"Embedded analytics provide big savings because you don't have to drag around as much data and it's easy to build into a larger data pipeline", says Hannes Mühleisen, senior researcher at the Database Architectures group. In 2019 Mühleisen launched the open-source database system DuckDB together with his colleague Mark Raasveldt. DuckDB is small, agile and efficient. It requires ten to a hundred times less hardware capacity than competitor Spark. Unlike Pandas, another popular data science tool, it can handle data that is larger than memory and can profit from parallel processing using multiple cores, present in all computers. DuckDB rapidly became a huge success, with more than two million downloads per month at the beginning of 2023.
"The development of DuckDB was made possible by the great freedom I had at CWI to invent something myself," Mühleisen says. "I had the conviction that for most data problems you don’t need a scale-out of the data to multiple computers.
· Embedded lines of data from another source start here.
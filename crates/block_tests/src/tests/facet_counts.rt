//! Documents counted by the children of a facet. The expected bytes are worked out by hand.

use std::alloc::Global;
use std::test::Fail;
use tv_blocks::status::error_answer;
use tv_blocks::{Answer, BlockError, count_facets};

// Where nothing was written.
const KEPT: u8 = 0xa5;

// Document 1 has `/a/b`, `/a/d` and `/a/b/x`, 2 has `/a/b/c`, 3 has `/a`, and 4 has `/e/f`.
const PAIRS: &[u8] = b"\
\x01\0\0\0\0\0\0\0\x03\0\0\0\0\0\0\0a\0b\
\x02\0\0\0\0\0\0\0\x05\0\0\0\0\0\0\0a\0b\0c\
\x01\0\0\0\0\0\0\0\x03\0\0\0\0\0\0\0a\0d\
\x01\0\0\0\0\0\0\0\x05\0\0\0\0\0\0\0a\0b\0x\
\x03\0\0\0\0\0\0\0\x01\0\0\0\0\0\0\0a\
\x04\0\0\0\0\0\0\0\x03\0\0\0\0\0\0\0e\0f";

// Below `/a`: 2 documents at `/a/b`, and 1 at `/a/d`.
const BELOW: &[u8] = b"\
\x02\0\0\0\0\0\0\0\x03\0\0\0\0\0\0\0a\0b\
\x01\0\0\0\0\0\0\0\x03\0\0\0\0\0\0\0a\0d";

// Below the root: 3 at `/a`, and 1 at `/e`.
const AT_ROOT: &[u8] = b"\
\x03\0\0\0\0\0\0\0\x01\0\0\0\0\0\0\0a\
\x01\0\0\0\0\0\0\0\x01\0\0\0\0\0\0\0e";

// Whether the documents are counted below `/a`, and nothing is written where there is too little room.
fn are_counted_below(alloc: Global) -> bool {
    let mut counts = [KEPT; 40];
    let mut short = [KEPT; 37];
    let needed = BlockError::TooSmall {
        bytes: 38,
        lines: 0,
    };
    count_facets(alloc, b"a", PAIRS, &mut counts) == Ok(38)
        && counts.starts_with(BELOW)
        && counts.ends_with(&[KEPT; 2])
        && count_facets(alloc, b"a", PAIRS, &mut short) == Err(needed)
        && short == [KEPT; 37]
}

// Whether the documents are counted below the root, and none where there is none.
fn are_counted_at_root(alloc: Global) -> bool {
    let mut counts = [KEPT; 40];
    count_facets(alloc, b"", PAIRS, &mut counts) == Ok(34)
        && counts.starts_with(AT_ROOT)
        && count_facets(alloc, b"g", PAIRS, &mut counts) == Ok(0)
        && count_facets(alloc, b"", b"", &mut counts) == Ok(0)
}

#[test]
fn documents_are_counted(rt: HostRuntime) -> Result<(), Fail> {
    assert!(rt; are_counted_below(rt.alloc()) && are_counted_at_root(rt.alloc()));
    Ok(())
}

#[test]
fn pairs_are_refused(rt: HostRuntime) -> Result<(), Fail> {
    let alloc = rt.alloc();
    let mut none = [KEPT; 64];
    let parent = count_facets(alloc, b"\xff", b"\0", &mut none);
    assert!(rt; parent == Err(BlockError::NotUtf8));
    // (the second record is cut in its number, its length and its facet)
    for end in [20, 27, 34, 39] {
        let cut = count_facets(alloc, b"a", &PAIRS[..end], &mut none);
        assert!(rt; cut == Err(BlockError::BadPair { start: 19 }));
    }
    let no_text = count_facets(
        alloc,
        b"a",
        b"\0\0\0\0\0\0\0\0\x01\0\0\0\0\0\0\0\xff",
        &mut none,
    );
    assert!(rt; no_text == Err(BlockError::BadPair { start: 0 }));
    let longest = count_facets(
        alloc,
        b"a",
        b"\0\0\0\0\0\0\0\0\xff\xff\xff\xff\xff\xff\xff\xffa",
        &mut none,
    );
    assert!(rt; longest == Err(BlockError::BadPair { start: 0 }));
    assert!(rt; none == [KEPT; 64]);
    let told = Answer {
        status: 14,
        detail: 0,
        place: 7,
        bytes: 0,
        lines: 0,
    };
    assert!(rt; error_answer(BlockError::BadPair { start: 7 }) == told);
    Ok(())
}
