//! Blocks that are checked: how many documents there are, or which one is refused, and where.

use std::test::Fail;
use tantivy_schema::common::{BufferedSource, Cause, SliceSource};
use tv_lines::check::check_block;
use tv_store::{
    DeserializeError, DocStoreVersion, LimitedReadError, ReadLimit, ReadLimits, RefusedDocument,
    Unwatched,
};

// The text `a` in field 0, and the object of `a` with `b` in field 4: 8 bytes, and 13.
const BLOCK: &[u8] = b"\x81\0\0\0\0\0\x81a\x81\x04\0\0\0\x0d\x82\0\x81a\0\x81b";

#[test]
fn blocks_are_checked(rt: HostRuntime) -> Result<(), Fail> {
    let alloc = rt.alloc();
    let version = DocStoreVersion::V2;
    let none = ReadLimits::default();
    let mut whole = SliceSource::new(BLOCK);
    assert!(rt; check_block(alloc, version, none, &mut whole, &mut Unwatched) == Ok(2));
    let mut buffered = BufferedSource::with_capacity(alloc, 4, BLOCK)?;
    assert!(rt; check_block(alloc, version, none, &mut buffered, &mut Unwatched) == Ok(2));
    let mut empty = SliceSource::new(b"");
    assert!(rt; check_block(alloc, version, none, &mut empty, &mut Unwatched) == Ok(0));

    let cut = RefusedDocument {
        document: 1,
        start: 8,
        place: 20,
        error: LimitedReadError::Read(DeserializeError::CorruptedValue(Cause::UnexpectedEnd)),
    };
    let mut early = SliceSource::new(&BLOCK[..20]);
    assert!(rt; check_block(alloc, version, none, &mut early, &mut Unwatched) == Err(cut));

    // the object is a list that is open once its head has come, after 7 bytes of its document
    let flat = ReadLimits {
        bytes: None,
        heap_bytes: None,
        depth: Some(0),
    };
    let deep = RefusedDocument {
        document: 1,
        start: 8,
        place: 15,
        error: LimitedReadError::Limit(ReadLimit::Depth),
    };
    let mut nested = SliceSource::new(BLOCK);
    assert!(rt; check_block(alloc, version, flat, &mut nested, &mut Unwatched) == Err(deep));
    Ok(())
}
I believed that you can do much more on one computer than most people thought. In the coming years I would like to expand that vision, on the one hand, to significantly reduce the carbon footprint of IT systems and, on the other hand, to give users more control over their own data, thus limiting the power of cloud companies."
Spin-offs
What the Database Architectures group does, is very difficult to realize at a university as the projects significantly exceed the size of a PhD track, nor in companies where the focus is on relatively short term results. Boncz: "For a database system, you have to work on it with at least five people for at least ten years. You can't have fifty people do it in a year. It is CWI’s commitment to invest in long-term software development that led our group to produce MonetDB, VectorWise, and now DuckDB."
In 2021 Mühleisen and Raasveldt founded the spin-off company DuckDB Labs, which provides services and development for DuckDB. In the fall of 2022 DuckDB Labs helped to create the startup company MotherDuck, which connects DuckDB to the cloud. MotherDuck managed to raise 47.5 million dollar in funding.
Datasystems ecosystem
Scientific breakthroughs that inspire new businesses fits into Boncz's long-term vision for the Netherlands to create a data systems ecosystem of research, education and business. Gradually he is seeing the first results of that vision. For example, CWI has been instrumental in the establishment of the R&D center of the American company Databricks in Amsterdam, for which Databricks invested a hundred million euro in the past four years. "You could say that a hundred million euro has been pumped into the Dutch economy thanks to our work", says Boncz.
Boncz and Mühleisen are proud that CWI's long-term software development, which is part of its mission, is having such an impact on database applications used worldwide. Boncz: "If you look at the evolutionary lineage of all database systems, you can say that of the analytical systems 85% have a strong CWI signature." The other systems prominently include Snowflake, which achieved the biggest stock launch ever in 2021 and which was co-founded by Marcin Zukowski, a PhD student from CWI’s Database Architectures group. Zukowski had previously created the VectorWise system.